◆ TASK INSTRUCTIONS
Every single entry needs to appear again exactly as given.

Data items
▼

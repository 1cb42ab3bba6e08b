//! What the writes of one row leave of a sound map of lines.
#![tactic(auto)]

mod laws;

pub use laws::{
    a_fitting_row_is_stored, a_key_is_taken, a_pair_is_moved, a_pair_is_put,
    a_relation_has_its_version, a_room_may_be_given, a_row_goes_through_its_indexes,
    a_row_is_written, an_index_waits, indexes_are_done, is_sound_as, the_schema_stays,
};
pub use sound_lines::{version_of, versions_of};
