//! The steps of the recovery of a session that died, of a store of lines on a disk.
#![tactic(auto)]

mod judging;
mod recovering;

pub use judging::judge;
pub use recovering::recover;
pub use store_endings::{die, end_reading, put_away, roll_back};
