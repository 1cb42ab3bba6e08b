//! The faults of sorted indexes: nodes that aren't in order, and indexes that don't hold the keys of their rows.
#![tactic(auto)]

mod between;
mod contents;
mod nodes;
mod walk;

pub use contents::{Judgement, judge_contents};
pub use walk::{Walk, walk_index};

▲

◆ TASK SOLUTION
repository 1cb42ab3bba6e08b
//! What the writes of one row leave of a sound map of lines.
#![tactic(auto)]

mod laws;

pub use laws::{
    a_fitting_row_is_stored, a_key_is_taken, a_pair_is_moved, a_pair_is_put,
    a_relation_has_its_version, a_room_may_be_given, a_row_goes_through_its_indexes,
    a_row_is_written, an_index_waits, indexes_are_done, is_sound_as, the_schema_stays,
};
pub use sound_lines::{version_of, versions_of};
//! The steps of the recovery of a session that died, of a store of lines on a disk.
#![tactic(auto)]

mod judging;
mod recovering;

pub use judging::judge;
pub use recovering::recover;
pub use store_endings::{die, end_reading, put_away, roll_back};
repository 1cb42ab3bba6e08b
//! The faults of sorted indexes: nodes that aren't in order, and indexes that don't hold the keys of their rows.
#![tactic(auto)]

mod between;
mod contents;
mod nodes;
mod walk;

pub use contents::{Judgement, judge_contents};
pub use walk::{Walk, walk_index};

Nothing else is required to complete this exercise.